MIT 算法导论 （五） Quick Sort

How it works

• Divide: Partition the array into two subarrays around a pivot x such that elements in lower subarray ≤ x ≤ elements in upper subarray.
• Conquer: Recursively sort the two subarrays.
• Combine: Trivial.

 

 How to divide

(Assume the array is start at p and end at q)

1. First gives two pointer i j , i point at -1, j point at p, make the pivot randomly or array[p] for some simple cases.(we assume it's array[p] now)

2. For loop by j from 0 to q.

3. In the loop:check if array[j] <= pivot .if true then add i it self then exchange array[i] and array[j] , false then continue. don't forget add j itself.

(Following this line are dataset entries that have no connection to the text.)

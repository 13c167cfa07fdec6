//! Searches for one match.
ghost use Rattle.std.specs.Prelude.{◌≡◌, ◌≤◌, IfErr, IfOk, IfSome, length, option_map, true};
ghost use Rattle.regex_syntax.specs.declared.Config.{Config as TextConfig};
ghost use Rattle.search_core.specs.Utf8.{IsValidText};
ghost use Rattle.meta_regex.specs.Caches.{IsCacheOf};
ghost use Rattle.meta_regex.specs.Starts.{SeeksFrom, StepsFrom, sought_of};
ghost use Rattle.meta_regex.specs.Wordless.{MayBeginAt};
ghost use Rattle.meta_regex.specs.Regexes.{FindsFrom, HasFoundStart, HasFoundSpan, IsSearchError, ReportsAnyMatch, config_by, row_of};

use crate::anchored::{Sought, Step, step_of};
use crate::cache::Cache;
use crate::compiled::Regex;
use crate::errors::SearchError;
use crate::fallback::find_match;
use crate::found_match::FoundMatch;
use crate::runs::NextRun;
use crate::wordless::least_start;
use growing_regex::lacks_memory;
use hir_regex::see_bytes;
use pattern_search::regex_laws::regexes_answer_what_is_written;
use pattern_search::search_from;
use search_types::{Match, MatchError};
use std::alloc::Global;

/// Converts a match to three numbers.
fn row(found: Option<Match>) -> Option<FoundMatch>
    ensures { result ≡ option_map row_of found }
{
    match found {
        Some(it) => Some(FoundMatch::of(&it)),
        None => None,
    }
}

/// Returns an error if the haystack has to be UTF-8 and isn't.
fn check_text(haystack: &[u8], utf8: bool) -> Result<(), SearchError>
    ensures text { IfOk result (λ _. utf8 ≡ true → IsValidText haystack.now) }
    ensures refused { (config : TextConfig) → utf8 ≡ config.utf8 → IfErr result (IsSearchError config haystack.now) }
{
    if !utf8 {
        return Ok(());
    }
    match str::from_utf8(haystack) {
        Ok(_) => Ok(()),
        Err(e) => Err(SearchError::NotUtf8(e.valid_up_to())),
    }
}

/// What a search without automata found.
#[inline(always)]
fn sought_of(next: NextRun) -> Sought
    ensures { result ≡ sought_of next }
{
    match next {
        NextRun::Found(start, end) => Sought::Found(FoundMatch {
            pattern: 0,
            start,
            end,
        }),
        NextRun::Missing => Sought::Missing,
        NextRun::From(start) => Sought::From(start),
    }
}

/// About how many bytes a search from this offset on examined. If it failed, none count.
fn searched_len(
    found: &Result<Option<FoundMatch>, SearchError>,
    haystack: &[u8],
    start: usize,
) -> usize {
    match found {
        Ok(Some(it)) => it.end.saturating_sub(start),
        Ok(None) => haystack.len().saturating_sub(start),
        Err(_) => 0,
    }
}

4. Out the loop:exchange array[p] (the pivot) and array[i], return i.

 

Lucky or unlucky

Worst case is that the array is already sorted , and the T(n)  goes as Θ(n²) , in this case we'd better chose insertion sort.

Best case is that every time we divide, the subarray is already divided by some random guy.In this case T(n) is Θ(nlgn).

Average case is hard to discribe, T(n) is also Θ(nlgn).

It's a little pain to talk about the T(n) of random quick sort,just gives some conclusions.

• Quicksort is a great general-purpose sorting algorithm.
• Quicksort is typically over twice as fast as merge sort.
• Quicksort can benefit substantially from code tuning.
• Quicksort behaves well even with caching and virtual memory.

 

Example code in php. (seems like there is no pointer in javascript , so I test this algorithm in php).

function partition($a,$p,$q)
{
    $pivot = $a[$p];
    if(count($a) == 1) return $a;
    $i = $p - 1;
    for($j = $p,$k = $q; $j < $k; $j++)
    {
        if($a[$j] <= $pivot)
        {
            $i++;
            $buf = $a[$j];
            $a[$j] = $a[$i];
            $a[$i] = $buf;
        }
    }
    $a[$p] = $a[$i];
    $a[$i] = $pivot;
    return $i;
}

function quickSort($a,$p,$q)
{
    if(!($p < $q)) return $a;
    $i = partition(&$a,$p,$q);
    quickSort(&$a,$p,$i-1);
    quickSort(&$a,$i+1,$q);
}